● **About this task**: Pull every line holding the word "longest" from the data below and copy it.
▬▬▬
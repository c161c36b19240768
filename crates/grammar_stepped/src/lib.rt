// The answer of a step, the reader's or the writer's: the numbers after an event, one by one.
// What the functions leave is in specs/Stepped.antt.
#![tactic(auto)]

ghost use Rattle.std.specs.Prelude.{◌+◌, ◌<◌, ◌≡◌};
ghost use Rattle.spec_exi.specs.Sizes.{max_events};
ghost use Rattle.mem_state.specs.Holds.{Bounded};
ghost use Rattle.grammar_stepped.specs.Stepped.{stepped_as, moved_on};

use mem_state::Core;

// The number of the event's refusal or 0, and the numbers after the event, those of a core one by
// one: a core inside would be copied more often.
#[derive(Drop)]
pub struct Stepped {
    pub number: u32,
    pub at: usize,
    pub stored: usize,
    pub uris: u32,
    pub names: u32,
    pub values: u32,
    pub learned: u32,
    pub grammars: u32,
    pub mode: u32,
    pub top: u32,
    pub longest: u32,
    pub depth: usize,
    pub tag: u32,
    pub capacity: u32,
}

// The answer of a step: a number, and the numbers after it.
pub fn answer(number: u32, c: Core) -> Stepped
    ensures { result ≡ stepped_as number c }
{
    Stepped {
        number,
        at: c.at,
        stored: c.stored,
        uris: c.uris,
        names: c.names,
        values: c.values,
        learned: c.learned,
        grammars: c.grammars,
        mode: c.mode,
        top: c.top,
        depth: c.depth,
        tag: c.tag,
        longest: c.longest,
        capacity: c.capacity,
    }
}

// The mark after an event that is no attribute, before which so many have come.
pub fn next_tag(n: usize) -> u32
    requires { n < max_events }
    ensures { result ≡ n + 2 }
{
    n as u32 + 2
}

// The answer after an event that teaches no production: whether its value joins, and whether its
// name gets a grammar.
pub fn moved_on(
    c: Core,
    at: usize,
    stored: usize,
    joins: bool,
    enters: bool,
    mode: u32,
    top: u32,
    depth: usize,
    tag: u32,
) -> Stepped
    requires { Bounded c }
    ensures { result ≡ stepped_as 0 (moved_on c at stored joins enters mode top depth tag) }
{
    Stepped {
        number: 0,
        at,
        stored,
        uris: c.uris,
        names: c.names,
        values: c.values + u32::from(joins),
        learned: c.learned,
        grammars: c.grammars + u32::from(enters),
        mode,
        top,
        depth,
        tag,
        longest: c.longest,
        capacity: c.capacity,
    }
}

// The same, field by field, so that it need not lie in memory after the call that answered it.
pub fn copied(s: Stepped) -> Stepped
    ensures { result ≡ s }
{
    Stepped {
        number: s.number,
        at: s.at,
        stored: s.stored,
        uris: s.uris,
        names: s.names,
        values: s.values,
        learned: s.learned,
        grammars: s.grammars,
        mode: s.mode,
        top: s.top,
        longest: s.longest,
        depth: s.depth,
        tag: s.tag,
        capacity: s.capacity,
    }
}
▬▬▬
● **Expected answer**:
    pub longest: u32,
        longest: c.longest,
        longest: c.longest,
        longest: s.longest,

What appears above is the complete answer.